Re: RTR Resin

Pieter Roos

The difference is that one resin type is injection molded in molds made of metal or epoxy are dimensional consistent, while the other type is generally hand-molded in relatively flexible rubber molds that allow greater variability.

If you went to the more stable mold type, the parts would be more similar but the cost savings of using rubber molds of prototype masters would be lost.

Pieter Roos

--- In STMFC@..., Tim O'Connor <timboconnor@...> wrote:

Jeff Aley states

>> ASSUMPTION: All of the "common" prototypes are already available in plastic.

Definitely not true.

>> ASSUMPTION: It is un-economical for manufacturers to produce plastic models
>> (RTR or kits) for the "less common" cars we still want / need.
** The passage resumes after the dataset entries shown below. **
ghost use Rattle.std.specs.Prelude.{◌≡◌, ◌≤◌, IfOk};
ghost use Rattle.toml.specs.View.{view};
ghost use Rattle.decl_tree.specs.Keys.{defaulted, needed};
ghost use Rattle.decl_tree.specs.Values.{number_in};

use crate::fault::{DeclKind, Read};
use crate::keys::missing;
use crate::paths::{here, under_key};
use std::alloc::Global;
use toml::Value;

/// An integer from `low` to `high`.
pub fn number_in(alloc: Global, low: u64, high: u64, value: &Value) -> Read<u64>
    ensures { IfOk result (λ read. read ≡ number_in low high (view value.now)) }
{
    match value.as_integer() {
        None => here(alloc, DeclKind::WrongKind),
        Some(number) => match u64::try_from(number) {
            Ok(number) => {
                if low <= number && number <= high {
                    Ok(Ok(number))
                } else {
                    here(alloc, DeclKind::OutOfRange)
                }
            }
            Err(_negative) => here(alloc, DeclKind::OutOfRange),
        },
    }
}

/// The integer from `low` to `high` that a key holds, which must be there.
pub fn number_at(alloc: Global, low: u64, high: u64, key: &str, value: &Value) -> Read<u64>
    ensures { IfOk result (λ read. read ≡ needed key.now (number_in low high) (view value.now)) }
{
    match value.get(key) {
        None => missing(alloc, key),
        Some(held) => {
            let read = number_in(alloc, low, high, held)?;
            under_key(alloc, key, read)
        }
    }
}

/// The same with 32 bits.
pub fn small_in(alloc: Global, low: u32, high: u32, value: &Value) -> Read<u32>
    ensures { IfOk result (λ read. read ≡ number_in low high (view value.now)) }
{
    match value.as_integer() {
        None => here(alloc, DeclKind::WrongKind),
        Some(number) => match u32::try_from(number) {
            Ok(number) => {
                if low <= number && number <= high {
                    Ok(Ok(number))
                } else {
                    here(alloc, DeclKind::OutOfRange)
                }
            }
            Err(_far) => here(alloc, DeclKind::OutOfRange),
        },
    }
}

/// The small integer that a key holds, which must be there.
pub fn small_at(alloc: Global, low: u32, high: u32, key: &str, value: &Value) -> Read<u32>
    ensures { IfOk result (λ read. read ≡ needed key.now (number_in low high) (view value.now)) }
{
    match value.get(key) {
        None => missing(alloc, key),
        Some(held) => {
            let read = small_in(alloc, low, high, held)?;
            under_key(alloc, key, read)
        }
    }
}

/// The small integer that a key holds, else `other`.
pub fn small_or_at(
    alloc: Global,
    other: u32,
    low: u32,
    high: u32,
    key: &str,
    value: &Value,
) -> Read<u32>
    ensures { IfOk result (λ read. read ≡ defaulted other key.now (number_in low high) (view value.now)) }
{
    match value.get(key) {
        None => Ok(Ok(other)),
        Some(held) => {
            let read = small_in(alloc, low, high, held)?;
            under_key(alloc, key, read)
        }
    }
}
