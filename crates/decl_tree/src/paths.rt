ghost use Rattle.std.specs.Prelude.{◌≡◌, ◌++◌, Err, IfOk, IsOkAnd, OnOk};
ghost use Rattle.std.specs.Fmt.{decimal};
ghost use Rattle.decl_tree.specs.Faults.{here, under, key_step, item_step};

use crate::fault::{DeclKind, KeyFault, Read};
use itoa::Buffer;
use std::alloc::Global;
use vk_core::{Name, NoMemory};

/// A fault at the thing itself.
pub fn here<A>(alloc: Global, kind: DeclKind) -> Read<A>
    ensures { IfOk result (λ read. read ≡ here kind) }
{
    let path = Name::from_bytes(alloc, b"")?;
    Ok(Err(KeyFault { kind, path }))
}

/// The path of a fault inside, behind the step that leads inside.
fn led_by(alloc: Global, step: &[u8], path: &Name) -> Result<Name, NoMemory>
    ensures { IfOk result (λ led. led ≡ step.now ++ path.now) }
{
    let mut out = Vec::new(alloc);
    out.extend_from_slice(step)?;
    out.extend_from_slice(path.as_bytes())?;
    let led = Name::from_bytes(alloc, out.as_slice())?;
    Ok(led)
}

/// What was read inside; a fault of it is told with the step that leads inside.
pub fn under<A>(alloc: Global, step: &[u8], read: Result<A, KeyFault>) -> Read<A>
    ensures { IfOk result (λ told. told ≡ under step.now read) }
{
    match read {
        Ok(value) => Ok(Ok(value)),
        Err(fault) => {
            let path = led_by(alloc, step, &fault.path)?;
            Ok(Err(KeyFault {
                kind: fault.kind,
                path,
            }))
        }
    }
}

/// A fault inside, with the step that leads inside.
fn behind<A>(alloc: Global, step: Result<Vec<u8>, NoMemory>, fault: KeyFault) -> Read<A>
    ensures { IfOk result (λ told. IsOkAnd step (λ s. told ≡ under s.items (Err fault))) }
{
    let step = step?;
    let path = led_by(alloc, step.as_slice(), &fault.path)?;
    Ok(Err(KeyFault {
        kind: fault.kind,
        path,
    }))
}

/// The step to what a key holds.
fn key_step(alloc: Global, key: &str) -> Result<Vec<u8>, NoMemory>
    ensures { IfOk result (λ step. step.items ≡ key_step key.now) }
{
    let mut step = Vec::new(alloc);
    step.push(b'.')?;
    step.extend_from_slice(key.as_bytes())?;
    Ok(step)
}

/// The same of what a key holds.
pub fn under_key<A>(alloc: Global, key: &str, read: Result<A, KeyFault>) -> Read<A>
    ensures { IfOk result (λ told. told ≡ under (key_step key.now) read) }
{
    match read {
        Ok(value) => Ok(Ok(value)),
        Err(fault) => {
            let step = key_step(alloc, key);
            behind(alloc, step, fault)
        }
    }
}

/// The step to an element of a list.
fn item_step(alloc: Global, at: usize) -> Result<Vec<u8>, NoMemory>
    ensures { IfOk result (λ step. step.items ≡ item_step at) }
{
    let mut buffer = Buffer::new();
    let mut step = Vec::new(alloc);
    step.push(b'[')?;
    step.extend_from_slice(buffer.format(at).as_bytes())?;
    step.push(b']')?;
    Ok(step)
}

/// The same of an element of a list.
pub fn under_item<A>(alloc: Global, at: usize, read: Result<A, KeyFault>) -> Read<A>
    ensures { IfOk result (λ told. told ≡ under (item_step at) read) }
{
    match read {
        Ok(value) => Ok(Ok(value)),
        Err(fault) => {
            let step = item_step(alloc, at);
            behind(alloc, step, fault)
        }
    }
}
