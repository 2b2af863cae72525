ghost use Rattle.std.specs.Prelude.{◌≡◌, IfOk};
ghost use Rattle.std.specs.Option.{option_copied};
ghost use Rattle.toml.specs.View.{view, table_view};
ghost use Rattle.decl_tree.specs.Faults.{here, under, key_step};
ghost use Rattle.decl_tree.specs.Keys.{texts_now, is_among, first_other, only_keys};
ghost use Rattle.decl_tree.specs.declared.fault.DeclKind.TheVariants as kind;

use crate::fault::{DeclKind, Read};
use crate::paths::{here, under_key};
use std::alloc::Global;
use toml::{Table, Value};

fn is_among(keys: &[&str], key: &str) -> bool
    ensures { result ≡ is_among (texts_now keys.now) key.now }
{
    let mut left = keys;
    while let [first, rest @ ..] = left {
        if key == *first {
            return true;
        }
        left = rest;
    }
    false
}

/// The first key that is none of these.
fn first_other<'a>(keys: &[&str], table: &'a Table) -> Option<&'a str>
    ensures { option_copied result ≡ first_other (texts_now keys.now) (table_view table.now) }
{
    'members: for (key, _member) in table.iter() {
        if !is_among(keys, key.as_str()) {
            return Some(key.as_str());
        }
    }
    None
}

/// Asks for a table that has no key but these.
pub fn only_keys(alloc: Global, keys: &[&str], value: &Value) -> Read<()>
    ensures { IfOk result (λ read. read ≡ only_keys (texts_now keys.now) (view value.now)) }
{
    match value.as_table() {
        None => here(alloc, DeclKind::WrongKind),
        Some(table) => match first_other(keys, table) {
            None => Ok(Ok(())),
            Some(key) => {
                let fault = here(alloc, DeclKind::UnknownKey)?;
                under_key(alloc, key, fault)
            }
        },
    }
}

/// A missing key.
pub fn missing<A>(alloc: Global, key: &str) -> Read<A>
    ensures { IfOk result (λ read. read ≡ under (key_step key.now) (here kind.MissingKey)) }
{
    let fault = here(alloc, DeclKind::MissingKey)?;
    under_key(alloc, key, fault)
}
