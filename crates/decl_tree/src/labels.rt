ghost use Rattle.std.specs.Prelude.{◌≡◌, ◌++◌, [], ◌∷◌, not, if◌then◌else◌, IfOk, Some, None};
ghost use Rattle.decl_tree.specs.Labels.{is_seen, one_label, with_labels};

use indexmap::IndexSet;
use sqlite_items::Items;
use std::alloc::Global;
use std::marker::Model;
use vk_core::{Name, NoMemory};

/// Two texts that no two entries of a list may share.
#[derive(Debug, Drop)]
pub struct Label {
    pub first: Name,
    pub second: Name,
}

/// The labels of an entry.
pub type Labels = Items<Label>;

/// One label, with these texts.
pub fn one_label(alloc: Global, first: &[u8], second: &[u8]) -> Result<Labels, NoMemory>
    ensures { IfOk result (λ labels. labels ≡ one_label first.now second.now) }
{
    let first = Name::from_bytes(alloc, first)?;
    let second = Name::from_bytes(alloc, second)?;
    let mut labels = Items::new(alloc);
    labels.push(Label { first, second })?;
    Ok(labels)
}

/// The labels of the entries so far, in a hash table. Contracts see the list.
#[derive(Drop)]
pub struct Seen {
    keys: IndexSet<(Vec<u8>, Vec<u8>)>,
}

impl Model for Seen {
    ghost use Rattle.std.specs.Prelude.{List};
    ghost use Rattle.decl_tree.specs.declared.labels.Label.{Label};

    ghost Value = { List Label };

    ghost use Rattle.decl_tree.specs.Seen.{labels_of};

    ghost view = { labels_of };
}

impl Seen {
    pub fn new(alloc: Global) -> Seen
        ensures { result ≡ [] }
    {
        Seen {
            keys: IndexSet::new(alloc),
        }
    }

    /// Adds a label, and tells whether it is new.
    pub fn add(&mut self, alloc: Global, label: &Label) -> Result<bool, NoMemory>
        ensures new { IfOk result (λ new. new ≡ not (is_seen self.old label.now)) }
        ensures seen { IfOk result (λ new. self.new ≡ (if new then self.old ++ label.now ∷ [] else self.old)) }
    {
        let first = Vec::from_slice(alloc, label.first.as_bytes())?;
        let second = Vec::from_slice(alloc, label.second.as_bytes())?;
        let (_at, new) = self.keys.insert_full((first, second))?;
        Ok(new)
    }

    /// Adds labels one after the other, and tells whether each was new. Where one was not, what was seen is lost.
    pub fn add_all(&mut self, alloc: Global, labels: &[Label]) -> Result<bool, NoMemory>
        ensures { IfOk result (λ new. (if new then Some self.new else None) ≡ with_labels self.old labels.now) }
    {
        let mut left = labels;
        while let [label, rest @ ..] = left {
            if !self.add(alloc, label)? {
                return Ok(false);
            }
            left = rest;
        }
        Ok(true)
    }
}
Not entirely true. Production quantities on many plastic cars are quite low but
still profitable. The question is, how much sunk investment cost do you have to

You know what plastic manufacturers call plastic? RESIN. All this talk about resin
vs plastic is kinda silly IMO. We're really talking about injection molding versus
vacuum molding. The materials, and engineering of the final product do not have to
be that different from one another. It is only the manufacture of the parts that is
different -- the assembly process of Tichy flat kits, and Sunshine flat kits, is not
different, or it at least it need not be different.

>> ASSUMPTION: Too many resin kits sit unbuilt, primarily due to "Westerfear".
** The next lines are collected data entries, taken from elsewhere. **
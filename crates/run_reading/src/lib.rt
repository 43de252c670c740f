// What the programs read: files by name, and as much of an input as a buffer takes.
#![tactic(auto)]

ghost use Rattle.std.specs.Prelude.{◌<◌, IfOk, length, take};
ghost use Rattle.std.specs.Io.{ReadsAtMost};
ghost use Rattle.std.specs.Io.KnownBytes.{Consumes, IsAtEnd};

use std::io::{ErrorKind, Read};
use std::rt::Files;
use std::{fs, io, str};

// The file of that name, to be read. A name that is no text can't be opened.
pub fn open<R: Files>(rt: &R, path: &[u8]) -> io::Result<R::File> {
    let name = str::from_utf8(path).map_err(|_| io::Error::from(ErrorKind::InvalidInput))?;
    fs::open(rt, name)
}

// Reads until the buffer is full or the input ends. Answers how many bytes stand at the buffer's start.
// (A number, as `read` answers it; the caller cuts the buffer.)
pub fn fill<R: Read>(input: &mut R, buffer: &mut [u8]) -> io::Result<usize>
    ensures bound { ReadsAtMost result buffer.new }
    ensures bytes { IfOk result (λ n. Consumes (R.remaining input.old) (R.remaining input.new) (take n buffer.new)) }
    ensures end { IfOk result (λ n. n < length buffer.new → IsAtEnd (R.remaining input.new)) }
{
    let mut done = 0;
    // Stays a `while`: how far a read goes is the input's to say, and `read_exact` says no number where the input ends early.
    while done < buffer.len() {
        let n = input.read(&mut buffer[done..])?;
        if n == 0 {
            break;
        }
        done += n;
    }
    Ok(done)
}
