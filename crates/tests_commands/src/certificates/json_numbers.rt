//! Numbers and fractions of certificates.
use rp_num::{Frac, read_frac, read_i128, read_u128};
use std::test::Fail;

const MOST: u128 = 340282366920938463463374607431768211455;

/// A number is read from its plain digits alone, up to 2^128 - 1.
#[test]
fn whole_numbers_of_texts(rt: HostRuntime) -> Result<(), Fail> {
    let alloc = rt.alloc();
    for (text, number) in [
        ("0", Some(0u128)),
        ("7", Some(7)),
        ("340282366920938463463374607431768211455", Some(MOST)),
        ("340282366920938463463374607431768211456", None),
        ("", None),
        ("01", None),
        ("00", None),
        ("+1", None),
        ("-1", None),
        ("-0", None),
        (" 1", None),
        ("1 ", None),
        ("1.0", None),
        ("1e0", None),
    ] {
        assert!(rt; read_u128(alloc, text)? == number);
    }
    Ok(())
}

/// A signed number is read from 1 - 2^127 to 2^127 - 1, and never from `-0`.
#[test]
fn signed_numbers_of_texts(rt: HostRuntime) -> Result<(), Fail> {
    let alloc = rt.alloc();
    for (text, number) in [
        ("0", Some(0i128)),
        ("-4", Some(-4)),
        ("170141183460469231731687303715884105727", Some(i128::MAX)),
        ("170141183460469231731687303715884105728", None),
        ("-170141183460469231731687303715884105727", Some(-i128::MAX)),
        ("-170141183460469231731687303715884105728", None),
        ("-0", None),
        ("+1", None),
        ("-01", None),
        ("--1", None),
        ("-", None),
        ("", None),
    ] {
        assert!(rt; read_i128(alloc, text)? == number);
    }
    Ok(())
}

/// A fraction is read in lowest terms, with no denominator 1 and both parts up to 2^127 - 1.
#[test]
fn fractions_of_texts(rt: HostRuntime) -> Result<(), Fail> {
    let alloc = rt.alloc();
    for (text, num, den) in [
        ("0", 0u128, 1u128),
        ("4/5", 4, 5),
        ("3", 3, 1),
        (
            "1/170141183460469231731687303715884105727",
            1,
            i128::MAX as u128,
        ),
        (
            "170141183460469231731687303715884105727",
            i128::MAX as u128,
            1,
        ),
    ] {
        assert!(rt; read_frac(alloc, text)? == Some(Frac::new(num, den)));
    }
    for text in [
        "2/4",
        "0/2",
        "3/1",
        "1/0",
        "0/1",
        "0/0",
        "01",
        "1/02",
        "1/",
        "/2",
        "/",
        "1/2/3",
        "-1/2",
        "1/-2",
        "170141183460469231731687303715884105728",
        "1/170141183460469231731687303715884105728",
        "",
    ] {
        assert!(rt; read_frac(alloc, text)? == None);
    }
    Ok(())
}
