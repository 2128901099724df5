//! Laws over what reports cite. Each function is empty: its contract is the law.
ghost use Rattle.std.specs.Prelude.{ℕ, ◌≤◌};
ghost use Rattle.rp_num.specs.Fraction.{IsLowestTerms};
ghost use Rattle.rp_print.specs.LowestTerms.{lowest_terms};

/// Euclid's steps bring each fraction with a positive denominator to its lowest terms.
pub fn euclid_gives_lowest_terms()
    ensures { (n d : ℕ) → 1 ≤ d → IsLowestTerms n d (lowest_terms n d) }
{}
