/// The text of each fault is its name.
#[test]
fn texts_of_faults(rt: HostRuntime) -> Result<(), Fail> {
    let alloc = rt.alloc();
    for (fault, text) in [
        (JsonFault::NotJson, "NotJson"),
        (JsonFault::BadVersion, "BadVersion"),
        (JsonFault::BadShape { item: 3 }, "BadShape"),
        (JsonFault::NoMemory, "NoMemory"),
    ] {
        assert!(rt; fault.to_string(alloc)?.as_str() == text);
    }
    Ok(())
}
Ah, but there is always the model that you DON'T HAVE yet, and must have.

>> Why doesn't somebody [Tim O'Connor?] produce RTR models made out of resin

I definitely do produce such models. They're just not for sale. :-)

>> In this discussion, I will argue that the resin RTR car only needs to be as
>> accurate as any other RTR car; similar "manufacturability" compromises can be
>> made, just as if the RTR car was plastic. The fact that it is resin doesn't
>> automatically mean that it has to meet some higher standard of accuracy.

Totally agreed. I think it's been well established that vacuum molded resin is no
guarantee of 100% fidelity to the prototype. And many injection molded models are
top notch, almost impervious to improvement (e.g. Tangent).